When NOT to Use Anonymous Parameters

// BAD: Multiple anonymous params with similar types
@send (_ from: str, _ to: str, _ body: str) -> void
send("alice", "bob", "hello")  // Which is which?!

// GOOD: Use named params for clarity
@send (from: str, to: str, body: str) -> void
send(from: "alice", to: "bob", body: "hello")

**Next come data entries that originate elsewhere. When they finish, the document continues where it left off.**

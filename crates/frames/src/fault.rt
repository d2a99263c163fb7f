// Why a line is refused, and what its answer line says of it.
ghost use Rattle.std.specs.Prelude.{◌≡◌};
ghost use Rattle.frames.specs.declared.fault.LineFault.TheVariants.{Registry as OfRegistry};
ghost use Rattle.frames.specs.Faults.{line_refusal};

use rules::{Refusal, RegistryFault};

// The refusals of lines (layer 1) and of frames (layer 2), and the registry's inside.
#[derive(Clone, Copy, PartialEq, Eq, Debug)]
pub enum LineFault {
    // Over 64 characters.
    TooLong,
    // The index of the first character that is no digit.
    WrongCharacter(u8),
    // The count of characters.
    OddCount(u8),
    NoBytes,
    // The kind byte.
    UnknownKind(u8),
    // The count of bytes found.
    WrongLength(u8),
    // The working space or the answer space is too small.
    NoSpace,
    Registry(RegistryFault),
}

impl From<LineFault> for Refusal {
    ghost from_gives = { λ e r. r ≡ line_refusal e };

    fn from(fault: LineFault) -> Refusal {
        let (layer, number, place) = match fault {
            LineFault::TooLong => (1, 1, 64),
            LineFault::WrongCharacter(index) => (1, 2, u16::from(index)),
            LineFault::OddCount(count) => (1, 3, u16::from(count)),
            LineFault::NoBytes => (2, 1, 0),
            LineFault::UnknownKind(kind) => (2, 2, u16::from(kind)),
            LineFault::WrongLength(found) => (2, 3, u16::from(found)),
            LineFault::NoSpace => (2, 4, 0),
            LineFault::Registry(inner) => return Refusal::from(inner),
        };
        Refusal {
            layer,
            number,
            place,
        }
    }
}

impl From<RegistryFault> for LineFault {
    ghost from_gives = { λ e r. r ≡ OfRegistry e };

    fn from(fault: RegistryFault) -> LineFault {
        LineFault::Registry(fault)
    }
}
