// From an answer to its line.
ghost use Rattle.std.specs.Prelude.{◌≡◌, ◌+◌, ◌≤◌, length};
ghost use Rattle.frames.specs.Kinds.{kind_of_call};
ghost use Rattle.frames.specs.Answers.{answer_bytes, refusal_bytes, reply_bytes, line_of, over};

use crate::fault::LineFault;
use crate::kind::Kind;
use digits::frame::{Field, Frame};
use digits::hex::write_hex;
use rules::{Call, Refusal, Reply, Settlement, Statement};

// A line's last byte.
pub const LINE_END: u8 = 10;

// The kind byte of a call.
pub fn kind_of(call: Call) -> u8
    ensures { result ≡ kind_of_call call }
{
    Kind::from(call) as u8
}

// The bytes of an answer: an accepted call's kind and results, or a refusal. The kind is the byte of its
// line: a `Kind` would only be turned into that byte again.
pub fn answer_frame(said: Result<(u8, Reply), LineFault>) -> Frame
    ensures { result ≡ answer_bytes said }
{
    match said {
        Ok((kind, reply)) => reply_frame(kind, reply),
        Err(fault) => refusal_frame(Refusal::from(fault)),
    }
}

// Writes the digits of a frame and the line's end over the answer space from `at` on, and gives their count.
pub fn write_line(answers: &mut [u8], at: usize, frame: &Frame) -> usize
    requires { at + 61 ≤ length answers.old }
    ensures after { answers.new ≡ over answers.old at (line_of frame.now) }
    ensures answer { result ≡ length (line_of frame.now) }
    ensures bound { result ≤ 61 }
{
    let bytes = frame.bytes();
    let end = at + 2 * bytes.len();
    let _ = write_hex(&mut answers[at..end], bytes);
    answers[end] = LINE_END;
    2 * bytes.len() + 1
}

// No `From`: the kind is the call's. It is the byte of the line that is composed, and no `Kind`.
fn reply_frame(kind: u8, reply: Reply) -> Frame
    ensures { result ≡ reply_bytes kind reply }
{
    match reply {
        Reply::Done => Frame::of(&[Field::Byte(0), Field::Byte(kind)]),
        Reply::Level(guarantees) | Reply::Holding(guarantees) => Frame::of(&[
            Field::Byte(0),
            Field::Byte(kind),
            Field::Four(guarantees),
        ]),
        Reply::Returned(offers) => Frame::of(&[
            Field::Byte(0),
            Field::Byte(kind),
            Field::Two(offers),
        ]),
        Reply::Figures(figures) => figures_frame(kind, figures),
        Reply::Stated(statement) => statement_frame(kind, statement),
    }
}

// The kind is a byte, as in `reply_frame`.
fn figures_frame(kind: u8, figures: Settlement) -> Frame
    ensures { result ≡ reply_bytes kind (Reply.Figures figures) }
{
    Frame::of(&[
        Field::Byte(0),
        Field::Byte(kind),
        Field::Four(figures.paid_price),
        Field::Eight(figures.collected),
        Field::Eight(figures.paid),
        Field::Eight(figures.balance),
    ])
}

// The kind is a byte, as in `reply_frame`.
fn statement_frame(kind: u8, statement: Statement) -> Frame
    ensures { result ≡ reply_bytes kind (Reply.Stated statement) }
{
    Frame::of(&[
        Field::Byte(0),
        Field::Byte(kind),
        Field::Four(statement.holding),
        Field::Four(statement.obligation),
        Field::SignedFour(statement.gap),
        Field::SignedEight(statement.amount),
    ])
}

fn refusal_frame(refusal: Refusal) -> Frame
    ensures { result ≡ refusal_bytes refusal }
{
    Frame::of(&[
        Field::Byte(refusal.layer),
        Field::Byte(refusal.number),
        Field::Two(refusal.place),
    ])
}
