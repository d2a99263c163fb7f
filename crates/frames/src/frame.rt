// From a line to the call that its frame writes.
ghost use Rattle.std.specs.Prelude.{◌≡◌, ◌≤◌, length, take, Ok, Err, MatchResult};
ghost use Rattle.frames.specs.Frames.{frame_of, call_of, heard, Small, line_fault};

use crate::fault::LineFault;
use crate::kind::Kind;
use digits::hex::{HexFault, read_hex};
use rules::Call;

// A line has at most 64 characters, so a frame at most 32 bytes.
const LONGEST_LINE: usize = 64;

// The call that a line writes. Its bytes are put at the start of the working space: 32 bytes at least and
// no `&mut [u8; 32]`, since callers lend what they have.
pub fn read_call(line: &[u8], working: &mut [u8]) -> Result<Call, LineFault>
    requires { 32 ≤ length working.old }
    ensures { result ≡ heard line.now }
{
    let count = read_frame(line, working)?;
    call_in(&working[..count])
}

// Puts the bytes that the digits of a line write at the start of the working space, and gives their
// count, as the space is lent: 32 bytes at least, as in `read_call`.
fn read_frame(line: &[u8], working: &mut [u8]) -> Result<usize, LineFault>
    requires { 32 ≤ length working.old }
    ensures { MatchResult result (λ n. (n ≤ 32) × (frame_of line.now ≡ Ok (take n working.new))) (λ fault. frame_of line.now ≡ Err fault) }
{
    if line.len() > LONGEST_LINE {
        return Err(LineFault::TooLong);
    }
    read_hex(line, working).map_err(line_fault)
}

// A fault of the digits of a line that is not too long. No `From`: a place past 64 has no byte, and `From`
// takes no condition.
fn line_fault(fault: HexFault) -> LineFault
    requires { Small fault }
    ensures { result ≡ line_fault fault }
{
    match fault {
        HexFault::WrongCharacter(index) => LineFault::WrongCharacter(index as u8),
        HexFault::OddCount(count) => LineFault::OddCount(count as u8),
        HexFault::NoRoom => LineFault::TooLong,
    }
}

// The call that the bytes of a frame write.
fn call_in(frame: &[u8]) -> Result<Call, LineFault>
    requires { length frame.now ≤ 32 }
    ensures { result ≡ call_of frame.now }
{
    let first = frame.first().ok_or(LineFault::NoBytes)?;
    let kind = Kind::try_from(*first)?;
    if frame.len() != kind.frame_length() {
        return Err(LineFault::WrongLength(frame.len() as u8));
    }
    Ok(kind.call(frame))
}
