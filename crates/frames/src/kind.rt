// The kinds of calls, by the byte that begins a frame.
ghost use Rattle.std.specs.Prelude.{◌≡◌, ◌≤◌};
ghost use Rattle.frames.specs.Kinds.{kind_read, kind_of};
ghost use Rattle.frames.specs.Frames.{frame_length, supply_written, step_written, call_written};

use crate::fault::LineFault;
use curves::{Step, Supply};
use digits::numbers::field_at;
use rules::Call;

// In the order of their bytes, which begin at 0.
#[derive(Clone, Copy, PartialEq, Eq, Debug)]
pub enum Kind {
    Begin,
    Open,
    Certify,
    Rebalance,
    Offer,
    Accept,
    Recall,
    Load,
    Close,
    Settle,
    Report,
}

impl TryFrom<u8> for Kind {
    type Error = LineFault;

    ghost try_from_gives = { λ byte r. r ≡ kind_read byte };

    fn try_from(byte: u8) -> Result<Kind, LineFault> {
        match byte {
            0 => Ok(Kind::Begin),
            1 => Ok(Kind::Open),
            2 => Ok(Kind::Certify),
            3 => Ok(Kind::Rebalance),
            4 => Ok(Kind::Offer),
            5 => Ok(Kind::Accept),
            6 => Ok(Kind::Recall),
            7 => Ok(Kind::Load),
            8 => Ok(Kind::Close),
            9 => Ok(Kind::Settle),
            10 => Ok(Kind::Report),
            _ => Err(LineFault::UnknownKind(byte)),
        }
    }
}

impl From<Call> for Kind {
    ghost from_gives = { λ call kind. kind ≡ kind_of call };

    fn from(call: Call) -> Kind {
        match call {
            Call::Begin { .. } => Kind::Begin,
            Call::Open { .. } => Kind::Open,
            Call::Certify { .. } => Kind::Certify,
            Call::Rebalance { .. } => Kind::Rebalance,
            Call::Offer { .. } => Kind::Offer,
            Call::Accept { .. } => Kind::Accept,
            Call::Recall { .. } => Kind::Recall,
            Call::Load { .. } => Kind::Load,
            Call::Close => Kind::Close,
            Call::Settle { .. } => Kind::Settle,
            Call::Report { .. } => Kind::Report,
        }
    }
}

impl Kind {
    // How many bytes a frame of the kind has, the kind byte counted.
    pub fn frame_length(self) -> usize
        ensures { result ≡ frame_length self }
    {
        match self {
            Kind::Begin => 5,
            Kind::Open => 2,
            Kind::Certify => 12,
            Kind::Rebalance => 10,
            Kind::Offer => 9,
            Kind::Accept | Kind::Recall => 4,
            Kind::Load => 23,
            Kind::Close => 1,
            Kind::Settle => 9,
            Kind::Report => 2,
        }
    }

    // The call of the kind, each field at its place.
    pub fn call(self, frame: &[u8]) -> Call
        ensures { result ≡ call_written self frame.now }
    {
        match self {
            Kind::Begin => Call::Begin {
                n: field_at(frame, 1),
                security: field_at(frame, 3),
            },
            Kind::Open => Call::Open {
                account: field_at(frame, 1),
            },
            Kind::Certify => Call::Certify {
                entity: field_at(frame, 1),
                account: field_at(frame, 3),
                method: field_at(frame, 4),
                supply: supply_at(frame, 5),
            },
            Kind::Rebalance => Call::Rebalance {
                entity: field_at(frame, 1),
                supply: supply_at(frame, 3),
            },
            Kind::Offer => Call::Offer {
                offer: field_at(frame, 1),
                seller: field_at(frame, 3),
                buyer: field_at(frame, 4),
                amount: field_at(frame, 5),
            },
            Kind::Accept => Call::Accept {
                offer: field_at(frame, 1),
                account: field_at(frame, 3),
            },
            Kind::Recall => Call::Recall {
                offer: field_at(frame, 1),
                account: field_at(frame, 3),
            },
            Kind::Load => Call::Load {
                account: field_at(frame, 1),
                number: field_at(frame, 3),
                step: step_of_load(frame),
            },
            Kind::Close => Call::Close,
            Kind::Settle => Call::Settle {
                shortage: field_at(frame, 1),
                surplus: field_at(frame, 5),
            },
            Kind::Report => Call::Report {
                account: field_at(frame, 1),
            },
        }
    }
}

// The fields of a supply, one after another.
fn supply_at(frame: &[u8], at: usize) -> Supply
    requires { at ≤ 5 }
    ensures { result ≡ supply_written at frame.now }
{
    Supply {
        power: field_at(frame, at),
        hours: field_at(frame, at + 4),
        days: field_at(frame, at + 5),
    }
}

// The sort of a step stands before the step's number, and its readings behind it.
fn step_of_load(frame: &[u8]) -> Step
    ensures { result ≡ step_written frame.now }
{
    Step {
        sort: field_at(frame, 2),
        metered: field_at(frame, 5),
        shed: field_at(frame, 9),
        gradient: field_at(frame, 13),
        coefficient: field_at(frame, 17),
        real: field_at(frame, 19),
        extreme: field_at(frame, 21),
    }
}
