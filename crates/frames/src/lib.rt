// Lines and frames: from a line to the call that it writes, and from an answer to its line.

#![tactic(auto)]

pub mod answers;
pub mod fault;
pub mod frame;
pub mod kind;

pub use answers::{LINE_END, answer_frame, kind_of, write_line};
pub use fault::LineFault;
pub use frame::read_call;
pub use kind::Kind;
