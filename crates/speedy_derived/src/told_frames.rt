//! Values whose number of bytes fields before them tell.
//!
//! Made from `told_frames.rs` by `tools/derive`: change that, and make this again.
ghost use Rattle.std.specs.Prelude.{codes, ◌-◌, ◌≡◌, ◌≤◌};
ghost use Rattle.std.proofs.Common.{inl, inr};

use speedy::cases::{
    Case, CaseTree, Cases, Either, ReadCases, UnitCase, WriteCases, read_tagged, write_tagged,
};
use speedy::lengths::{Holds, Length, OfLength, ReadHolds, WithFrame, WithLength, WriteHolds};
use speedy::prefixed::Prefixed;
use speedy::private::error_invalid_enum_variant;
use speedy::whole::{
    EndsWithInput, Followed, MemoryReader, ReadToEnd, Rest, Whole, WholePart, WriteToEnd,
};
use speedy::{Context, ItemByItem, Layout, LendingReader, Part, ReadFrom, Writable, Writer};
use std::convert::AsSlice;
use std::marker::PhantomData;

#[derive(Drop)]
pub struct Body {
    pub kind: u8,
    pub name: String,
}

/// What [`Body`] is read and written as.
type BodyParts = (u8, String);

impl Layout for Body {
    ghost Seen = { ⟦<BodyParts as Layout>⟧.Seen };

    ghost seen = { λ it. ⟦<BodyParts as Layout>⟧.seen (it.kind, it.name) };

    ghost layout = { ⟦<BodyParts as Layout>⟧.layout };
}

impl<L: AsSlice<u8> + Drop, C: Context> ReadFrom<L, C> for Body {
    type Strategy = ItemByItem<C>;

    fn read_from<R: LendingReader<L, C>>(reader: &mut R) -> Result<Body, C::Error> {
        match reader.read_value() {
            Ok((kind, name)) => Ok(Body { kind, name }),
            Err(error) => Err(error),
        }
    }

    fn minimum_bytes_needed() -> usize {
        5
    }
}

impl<C: Context> Writable<C> for Body {
    fn write_to<W: Writer<C>>(&self, writer: &mut W) -> Result<(), C::Error> {
        writer.write_value(&(self.kind, Part(&self.name)))
    }
}

/// A size that counts its own header too.
#[derive(Drop)]
pub struct SegmentHeader {
    pub version: u8,
    pub size: u16,
}

/// What [`SegmentHeader`] is read and written as.
type SegmentHeaderParts = (u8, u16);

impl Layout for SegmentHeader {
    ghost Seen = { ⟦<SegmentHeaderParts as Layout>⟧.Seen };

    ghost seen = { λ it. ⟦<SegmentHeaderParts as Layout>⟧.seen (it.version, it.size) };

    ghost layout = { ⟦<SegmentHeaderParts as Layout>⟧.layout };
}

impl<L: AsSlice<u8> + Drop, C: Context> ReadFrom<L, C> for SegmentHeader {
    type Strategy = ItemByItem<C>;

    #[inline(always)]
    fn read_from<R: LendingReader<L, C>>(reader: &mut R) -> Result<SegmentHeader, C::Error> {
        match reader.read_value() {
            Ok((version, size)) => Ok(SegmentHeader { version, size }),
            Err(error) => Err(error),
        }
    }

    fn minimum_bytes_needed() -> usize {
        3
    }
}

impl<C: Context> Writable<C> for SegmentHeader {
    fn write_to<W: Writer<C>>(&self, writer: &mut W) -> Result<(), C::Error> {
        writer.write_value(&(self.version, self.size))
    }
}

impl Holds for SegmentHeader {
    type Numbers = ((), u16);

    ghost Seen = { ⟦<SegmentHeader as Layout>⟧.Seen };

    ghost seen = { ⟦<SegmentHeader as Layout>⟧.seen };

    ghost layout = { ⟦<SegmentHeader as Layout>⟧.layout };

    ghost numbers = { λ it. (tt, it.1) };

    fn numbers(&self) -> ((), u16) {
        ((), self.size)
    }
}

impl<L: AsSlice<u8> + Drop, C: Context> ReadHolds<L, C> for SegmentHeader {
    fn read_parts<R: LendingReader<L, C>>(reader: &mut R) -> Result<SegmentHeader, C::Error> {
        reader.read_value()
    }

    fn least_size() -> usize {
        3
    }
}

impl<C: Context> WriteHolds<C> for SegmentHeader {
    fn write_parts<W: Writer<C>>(&self, writer: &mut W) -> Result<(), C::Error> {
        writer.write_value(self)
    }
}

#[derive(Drop)]
pub struct Segment {
    pub header: SegmentHeader,
    pub body: Body,
}

/// The length of [`Segment::body`].
struct SegmentBodyLength {}

impl Length<((), u16)> for SegmentBodyLength {
    ghost is_told = { λ it. 3 ≤ it.1 };

    ghost told = { λ it. it.1 - 3 };

    ghost field = { codes "body" };

    fn length((_, header_size): ((), u16)) -> Option<usize> {
        Some(header_size.checked_sub(3)? as usize)
    }

    fn field() -> &'static str {
        "body"
    }
}

/// What [`Segment`] is read and written as.
type SegmentParts = WithFrame<SegmentBodyLength, SegmentHeader, Body>;

impl Layout for Segment {
    ghost Seen = { ⟦<SegmentParts as Layout>⟧.Seen };

    ghost seen = { λ it. (⟦<SegmentHeader as Layout>⟧.seen it.header, ⟦<Body as Layout>⟧.seen it.body) };

    ghost layout = { ⟦<SegmentParts as Layout>⟧.layout };
}

impl<'a, C: Context> ReadFrom<&'a [u8], C> for Segment {
    type Strategy = ItemByItem<C>;

    fn read_from<R: LendingReader<&'a [u8], C>>(reader: &mut R) -> Result<Segment, C::Error> {
        match reader.read_value::<SegmentParts>() {
            Ok(body) => Ok(Segment {
                header: body.before,
                body: body.value,
            }),
            Err(error) => Err(error),
        }
    }

    fn minimum_bytes_needed() -> usize
        ensures { result ≡ ⟦<SegmentParts as Layout>⟧.layout.least }
    {
        3
    }
}

impl<C: Context> Writable<C> for Segment {
    fn write_to<W: Writer<C>>(&self, writer: &mut W) -> Result<(), C::Error> {
        let body: WithFrame<SegmentBodyLength, _, _> = WithFrame {
            before: Part(&self.header),
            value: Part(&self.body),
            length: PhantomData,
        };
        writer.write_value(&body)
    }
}

/// A value that ends where its bytes do.
#[derive(Drop)]
pub struct Tail {
    pub kind: u8,
    pub samples: Vec<u16>,
}

/// What [`Tail`] is read and written as.
type TailParts = Followed<u8, Rest<Vec<u16>>>;

impl Whole for Tail {
    type Ends = EndsWithInput;

    ghost Seen = { ⟦<TailParts as Whole>⟧.Seen };

    ghost seen = { λ it. (⟦<u8 as Layout>⟧.seen it.kind, ⟦<Vec<u16> as OfLength>⟧.seen it.samples) };

    ghost whole = { ⟦<TailParts as Whole>⟧.whole };
}

impl<L: AsSlice<u8> + Drop, C: Context> ReadToEnd<L, C> for Tail {
    fn read_to_end<R: MemoryReader<L, C>>(reader: &mut R) -> Result<Tail, C::Error> {
        match <TailParts as ReadToEnd<L, C>>::read_to_end(reader) {
            Ok(read) => {
                let Followed(kind, Rest(samples)) = read;
                Ok(Tail { kind, samples })
            }
            Err(error) => Err(error),
        }
    }
}

impl<C: Context> WriteToEnd<C> for Tail {
    fn write_to_end<W: Writer<C>>(&self, writer: &mut W) -> Result<(), C::Error> {
        Followed(self.kind, Rest(Part(&self.samples))).write_to_end(writer)
    }
}

/// Two sizes before what has them.
#[derive(Drop)]
pub struct Record {
    pub size: u8,
    pub name_length: u8,
    pub tail: Tail,
    pub name: String,
}

/// The length of [`Record::tail`].
struct RecordTailLength {}

impl Length<(u8, u8)> for RecordTailLength {
    ghost is_told = { λ _. Unit {0} };

    ghost told = { λ it. it.0 };

    ghost field = { codes "tail" };

    fn length((size, _): (u8, u8)) -> Option<usize> {
        Some(size as usize)
    }

    fn field() -> &'static str {
        "tail"
    }
}

/// The length of [`Record::name`].
struct RecordNameLength {}

impl Length<(u8, u8)> for RecordNameLength {
    ghost is_told = { λ _. Unit {0} };

    ghost told = { λ it. it.1 };

    ghost field = { codes "name" };

    fn length((_, name_length): (u8, u8)) -> Option<usize> {
        Some(name_length as usize)
    }

    fn field() -> &'static str {
        "name"
    }
}

/// What [`Record`] is read and written as.
type RecordParts = WithLength<
    RecordNameLength,
    WithFrame<RecordTailLength, (u8, u8), Tail>,
    String,
>;

impl Layout for Record {
    ghost Seen = { ⟦<RecordParts as Layout>⟧.Seen };

    ghost seen = { λ it. (
      ((it.size, it.name_length), ⟦<Tail as Whole>⟧.seen it.tail),
      ⟦<String as Layout>⟧.seen it.name,
    ) };

    ghost layout = { ⟦<RecordParts as Layout>⟧.layout };
}

impl<'a, C: Context> ReadFrom<&'a [u8], C> for Record {
    type Strategy = ItemByItem<C>;

    fn read_from<R: LendingReader<&'a [u8], C>>(reader: &mut R) -> Result<Record, C::Error> {
        match reader.read_value::<RecordParts>() {
            Ok(name) => {
                let WithLength {
                    before,
                    value: name,
                    length: _,
                } = name;
                let WithFrame {
                    before: before2,
                    value: tail,
                    length: _,
                } = before;
                let (size, name_length) = before2;
                Ok(Record {
                    size,
                    name_length,
                    tail,
                    name,
                })
            }
            Err(error) => Err(error),
        }
    }

    fn minimum_bytes_needed() -> usize
        ensures { result ≡ ⟦<RecordParts as Layout>⟧.layout.least }
    {
        2
    }
}

impl<C: Context> Writable<C> for Record {
    fn write_to<W: Writer<C>>(&self, writer: &mut W) -> Result<(), C::Error> {
        let tail: WithFrame<RecordTailLength, _, _> = WithFrame {
            before: (self.size, self.name_length),
            value: WholePart(&self.tail),
            length: PhantomData,
        };
        let name: WithLength<RecordNameLength, _, _> = WithLength {
            before: tail,
            value: Part(&self.name),
            length: PhantomData,
        };
        writer.write_value(&name)
    }
}

/// What holds frames is read from borrowed bytes, as they are.
#[derive(Drop)]
pub struct Log<T> {
    pub records: Vec<Record>,
    pub more: T,
}

/// What [`Log`] is read and written as.
type LogParts<T> = (Vec<Record>, T);

impl<T: Layout> Layout for Log<T> {
    ghost Seen = { ⟦<LogParts<T> as Layout>⟧.Seen };

    ghost seen = { λ it. ⟦<LogParts<T> as Layout>⟧.seen (it.records, it.more) };

    ghost layout = { ⟦<LogParts<T> as Layout>⟧.layout };
}

impl<'a, C: Context, T: ReadFrom<&'a [u8], C>> ReadFrom<&'a [u8], C> for Log<T> {
    type Strategy = ItemByItem<C>;

    fn read_from<R: LendingReader<&'a [u8], C>>(reader: &mut R) -> Result<Log<T>, C::Error> {
        match reader.read_value() {
            Ok((records, more)) => Ok(Log { records, more }),
            Err(error) => Err(error),
        }
    }

    fn minimum_bytes_needed() -> usize
        ensures { result ≡ ⟦<LogParts<T> as Layout>⟧.layout.least }
    {
        <LogParts<T> as ReadFrom<&'a [u8], C>>::minimum_bytes_needed()
    }
}

impl<C: Context, T: Writable<C>> Writable<C> for Log<T> {
    fn write_to<W: Writer<C>>(&self, writer: &mut W) -> Result<(), C::Error> {
        writer.write_value(&(Part(&self.records), Part(&self.more)))
    }
}

#[derive(Drop)]
pub enum Event<'a> {
    Ping,
    Said { who: u16, text: &'a str },
}

/// The cases of [`Event`], each with its tag.
type EventCases<'a> = Either<UnitCase<0>, Case<1, (u16, &'a str)>>;

impl<'a> Cases for Event<'a> {
    ghost use Rattle.speedy_derived.specs.declared.told_frames.Event.{Event};

    ghost Seen = { ⟦<EventCases<'a> as CaseTree>⟧.Seen };

    ghost seen = { λ it. elim it [
      | Event.Ping ↦ inl tt
      | Event.Said t0 t1 ↦ inr (⟦<(u16, &'a str) as Layout>⟧.seen (t0, t1))
    ] };

    ghost choices = { ⟦<EventCases<'a> as CaseTree>⟧.choices };
}

impl<'a> Layout for Event<'a> {
    ghost Seen = { ⟦<Prefixed<u32, Event<'a>> as Layout>⟧.Seen };

    ghost seen = { ⟦<Event<'a> as Cases>⟧.seen };

    ghost layout = { ⟦<Prefixed<u32, Event<'a>> as Layout>⟧.layout };
}

impl<'a, C: Context> ReadCases<&'a [u8], C> for Event<'a> {
    fn read_case<R: LendingReader<&'a [u8], C>>(
        tag: usize,
        reader: &mut R,
    ) -> Result<Event<'a>, C::Error> {
        match tag {
            0 => Ok(Event::Ping),
            1 => match reader.read_value() {
                Ok((who, text)) => Ok(Event::Said { who, text }),
                Err(error) => Err(error),
            },
            _ => Err(error_invalid_enum_variant()),
        }
    }
}

impl<'a, C: Context> ReadFrom<&'a [u8], C> for Event<'a> {
    type Strategy = ItemByItem<C>;

    fn read_from<R: LendingReader<&'a [u8], C>>(reader: &mut R) -> Result<Event<'a>, C::Error> {
        read_tagged::<u32, Self, &'a [u8], C, R>(reader)
    }

    fn minimum_bytes_needed() -> usize
        ensures { result ≡ ⟦<Prefixed<u32, Event<'a>> as Layout>⟧.layout.least }
    {
        4
    }
}

impl<'a, C: Context> WriteCases<C> for Event<'a> {
    fn tag(&self) -> usize {
        match self {
            Event::Ping => 0,
            Event::Said { .. } => 1,
        }
    }

    fn write_case<W: Writer<C>>(&self, writer: &mut W) -> Result<(), C::Error> {
        match self {
            Event::Ping => Ok(()),
            Event::Said { who, text } => writer.write_value(&(*who, Part(text))),
        }
    }
}

impl<'a, C: Context> Writable<C> for Event<'a> {
    fn write_to<W: Writer<C>>(&self, writer: &mut W) -> Result<(), C::Error> {
        write_tagged::<u32, Self, C, W>(self, writer)
    }
}

/// An enum that borrows, in a frame in a variant.
#[derive(Drop)]
pub enum Chunk<'a> {
    Empty,
    Full { size: u32, event: Event<'a> },
}

/// The length of [`Chunk::Full::event`].
struct ChunkFullEventLength {}

impl Length<u32> for ChunkFullEventLength {
    ghost is_told = { λ _. Unit {0} };

    ghost told = { λ n. n };

    ghost field = { codes "event" };

    fn length(size: u32) -> Option<usize> {
        Some(size as usize)
    }

    fn field() -> &'static str {
        "event"
    }
}

/// The parts of [`Chunk::Full`].
type ChunkFullParts<'a> = WithFrame<ChunkFullEventLength, u32, Event<'a>>;

/// The cases of [`Chunk`], each with its tag.
type ChunkCases<'a> = Either<UnitCase<0>, Case<1, ChunkFullParts<'a>>>;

Guideline: Use _ for single-parameter functions or when the meaning is obvious from context/position.


Implementation

Parser Changes

  1. Update parameter parsing to recognize '_' IDENTIFIER ':' type
  2. Store a flag on parameters indicating anonymous
  3. During call resolution, check if positional is allowed

Type Checker Changes

  1. For Call (positional) expressions, check if the callee function has anonymous parameters
  2. If all used positions have anonymous parameters, allow
  3. Otherwise, emit E2011 “named arguments required”

Files to Update

  • compiler/ori_ir/src/ast/items/functions.rs — Add anonymous: bool to Param
  • compiler/ori_parse/src/grammar/item.rs — Parse _ name: type
  • compiler/ori_typeck/src/infer/call.rs — Check anonymous params
  • docs/ori_lang/v2026/spec/08-declarations.md — Document syntax
  • CLAUDE.md — Update quick reference

Future Considerations

Shorthand for Single Anonymous Param?

Could allow omitting the internal name for single params:

@double (_: int) -> int = _ * 2  // _ refers to the single param

This would require _ to be a valid expression referring to the anonymous parameter. Deferred for simplicity.

IDE Support

IDEs could show parameter hints even for anonymous params:

double(▌5▐)
       └── n: int

Summary

Allow _ name: type syntax for parameters to indicate positional arguments are accepted:

  • @double (_ n: int) -> int — can call as double(5) or double(n: 5)
  • Library authors opt into positional where it makes sense
  • Named arguments always work as fallback
  • Familiar _ convention from Rust, Swift, Go
  • Simple implementation: flag on parameters

The feature provides an escape hatch for verbosity while preserving Ori’s default of self-documenting named arguments.